(a) Classification. A trickling filter or other attached-growth treatment unit in series with a suspended-growth process is considered a dual treatment process that is classified as one of the following:
- (1) Activated Biological Filter (ABF) System. An ABF consists of a tricking filter and a final clarifier. An ABF system recirculates settled solids from the final clarifier through the trickling filter with no separate aeration basin or solids contact basin.

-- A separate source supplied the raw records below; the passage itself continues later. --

// Where an input is cut into pieces: after each outermost list. What comes is looked at byte by byte, and no byte twice.

ghost use Rattle.job_dialogue.specs.Pieces.{depth_on, ends_piece, first_scan, last_piece, region_on, scan_on};
ghost use Rattle.std.specs.Prelude.{◌≡◌, ◌∷◌, [], IfOk, if◌then◌else◌};

use linear_term::Memory;
use smt_tokens::lexemes;
use std::alloc::Global;

/// What a byte belongs to.
#[derive(Clone, Copy, Debug, PartialEq, Eq)]
pub enum Region {
    /// Lists, with what stands in them and between them.
    Lists,
    /// A comment.
    Comment,
    /// A string.
    Quotes,
    /// A symbol between bars.
    Bars,
}

/// What the next byte belongs to, and how many lists are open before it.
#[derive(Clone, Copy, Debug, PartialEq, Eq)]
pub struct Scan {
    pub region: Region,
    pub depth: u64,
}

/// Where an input begins.
pub(crate) fn first_scan() -> Scan
    ensures { result ≡ first_scan }
{
    Scan {
        region: Region::Lists,
        depth: 0,
    }
}

/// Whether a byte ends a piece: it closes an outermost list, or closes nothing.
pub(crate) fn ends_piece(scan: Scan, byte: u8) -> bool
    ensures { result ≡ ends_piece scan byte }
{
    match scan.region {
        Region::Lists => byte == b')' && scan.depth <= 1,
        Region::Comment | Region::Quotes | Region::Bars => false,
    }
}

/// What is so after a byte.
pub(crate) fn scan_on(scan: Scan, byte: u8) -> Result<Scan, Memory>
    ensures { IfOk result (λ next. next ≡ scan_on scan byte) }
{
    Ok(Scan {
        region: region_on(scan.region, byte),
        depth: depth_on(scan.region, scan.depth, byte)?,
    })
}

/// What the byte after this one belongs to.
fn region_on(region: Region, byte: u8) -> Region
    ensures { result ≡ region_on region byte }
{
    match region {
        Region::Lists => {
            if byte == b';' {
                return Region::Comment;
            }
            if byte == b'"' {
                return Region::Quotes;
            }
            if byte == b'|' {
                return Region::Bars;
            }
            Region::Lists
        }
        Region::Comment => {
            if byte == b'\n' || byte == b'\r' {
                Region::Lists
            } else {
                region
            }
        }
        Region::Quotes => { if byte == b'"' { Region::Lists } else { region } }
        Region::Bars => { if byte == b'|' { Region::Lists } else { region } }
    }
}

/// How many lists are open after a byte.
fn depth_on(region: Region, depth: u64, byte: u8) -> Result<u64, Memory>
    ensures { IfOk result (λ n. n ≡ depth_on region depth byte) }
{
    match region {
        Region::Lists => {
            if byte == b'(' {
                return depth.checked_add(1).ok_or(Memory);
            }
            if byte == b')' {
                return Ok(depth.saturating_sub(1));
            }
            Ok(depth)
        }
        Region::Comment | Region::Quotes | Region::Bars => Ok(depth),
    }
}

/// Whether a token stands in these bytes, and not only blanks and comments.
pub(crate) fn has_token(alloc: Global, bytes: &[u8]) -> Result<bool, Memory>
    ensures { IfOk result (λ is. (if is then bytes.now ∷ [] else []) ≡ last_piece bytes.now) }
{
    let tokens = lexemes(alloc, bytes)?;
    match tokens.as_slice().first() {
        Some(_) => Ok(true),
        None => Ok(false),
    }
}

- (2) Trickling Filter/Solids Contact (TF/SC) System. A TF/SC system consists of a trickling filter sized to remove the majority of the soluble five-day biochemical oxygen demand (BOD5), followed by an aerated solids contact basin sized to provide polishing and improved sludge settleability, followed by a final clarifier. A TF/SC system recirculates activated sludge to a solids contact basin. The design may include a sludge re-aeration basin.

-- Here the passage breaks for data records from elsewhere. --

// Miniscoping below the first for-alls of a formula: these stay, in their order.

ghost use Rattle.formula.specs.Sizes.{depth};
ghost use Rattle.formula.specs.Tree.{form};
ghost use Rattle.form_miniscope.specs.Miniscope as moving;
ghost use Rattle.std.specs.Prelude.{◌≡◌, ◌+◌, ◌≤◌, ◌^◌, IfOk};

use super::moving::miniscoped;
use formula::{Core, Shared};
use linear_term::Memory;
use std::alloc::Global;

/// The formula over n names with its first for-alls as they are, and what stands below them miniscoped.
#[tactic(auto, using(formula::proofs::Building::formed))]
pub fn scoped_below(alloc: Global, n: u32, f: &Core) -> Result<Core, Memory>
    requires { n + depth (form f.now) ≤ 2 ^ 32 }
    ensures { IfOk result (λ g. form g ≡ moving.scoped_below n (form f.now)) }
{
    match f {
        Core::Forall(g) => {
            let body = scoped_below(alloc, n + 1, g.get())?;
            Ok(Core::Forall(Shared::new(alloc, body)?))
        }
        Core::Eq(_) => miniscoped(alloc, n, f),
        Core::Neq(_) => miniscoped(alloc, n, f),
        Core::Geq(_) => miniscoped(alloc, n, f),
        Core::Pred(_, _) => miniscoped(alloc, n, f),
        Core::NotPred(_, _) => miniscoped(alloc, n, f),
        Core::NotFun(_, _, _) => miniscoped(alloc, n, f),
        Core::And(_) => miniscoped(alloc, n, f),
        Core::Or(_) => miniscoped(alloc, n, f),
        Core::Exists(_) => miniscoped(alloc, n, f),
    }
}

- (3) Roughing Filter/Activated Sludge (RF/AS) System. A RF/AS system consists of a trickling filter sized to perform primary treatment, followed by an aeration basin sized to remove the majority of the soluble BOD5, followed by a final clarifier. A RF/AS system circulates activated sludge to the aeration basin.
- (4) Activated Biological Filter/Activated Sludge (ABF/AS) System. An ABF/AS system consists of a trickling filter sized to perform primary treatment, followed by an aeration basin sized to remove the majority of the soluble BOD5, followed by a final clarifier. An ABF/AS system recirculates activated sludge to the trickling filter.

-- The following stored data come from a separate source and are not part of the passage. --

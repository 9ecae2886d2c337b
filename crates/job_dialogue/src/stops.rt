// Why a dialogue stops before its end.

ghost use Rattle.std.specs.Prelude.{◌≡◌};

use linear_term::Memory;

/// Why a dialogue stops before its end.
#[derive(Clone, Copy, Debug, PartialEq, Eq)]
pub enum Stop {
    /// The source failed.
    Source,
    /// The sink failed.
    Sink,
    Memory,
}

impl From<Memory> for Stop {
    ghost use Rattle.job_dialogue.specs.declared.stops.Stop.{Stop};

    ghost from_gives = { λ _ e. e ≡ Stop.Memory };

    fn from(_error: Memory) -> Stop {
        Stop::Memory
    }
}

- (5) Trickling Filter/Activated Sludge (TF/AS) System. A TF/AS system consists of a trickling filter sized to perform roughing and concentration dampening, followed by an intermediate clarifier, followed by an aeration basin sized to remove the majority of the soluble BOD5, followed by a final clarifier. A TF/AS system circulates activated sludge to the aeration basin.
(b) Process Design.
- (1) Attached and suspended growth sub-processes in a dual system must be designed in an integrated process that includes the effluent quality from the first stage in determining the design basis of the second stage.
- (2) A design must include an estimate of the performance of the second stage of a dual system using data from existing similar installations or applicable pilot studies.
- (3) For a treatment process design in which activated sludge is recycled to first-stage trickling filters, the design must not include the reduction of oxygen demand to the second-stage aeration basin because of sludge recirculation to the trickling filters.
- (4) A design may include estimates of the applicable design equations and methodology used for a single stage process.
(c) Treatment Unit Design. The detailed design of a suspended and attached growth system must include all of the features and operational capabilities required for the same treatment unit used for single-process treatment, as well as the following items:
- (1) Pretreatment. Pretreatment of a dual system must conform to requirements for a first-stage process.
- (2) Snail Control. A dual system must include a low-velocity channel between the first stage and second stage treatment units for control of snails.
(3) Return sludge.
- (A) A dual system that includes recirculation of activated sludge or sloughing to trickling filters must prevent recirculation of pieces larger than will pass through the distributor nozzles or the filter media voids.
- (B) The trickling filters in a dual system that recirculates sludge to the trickling filters must be high-rate, vertical flow, and fully corrugated media.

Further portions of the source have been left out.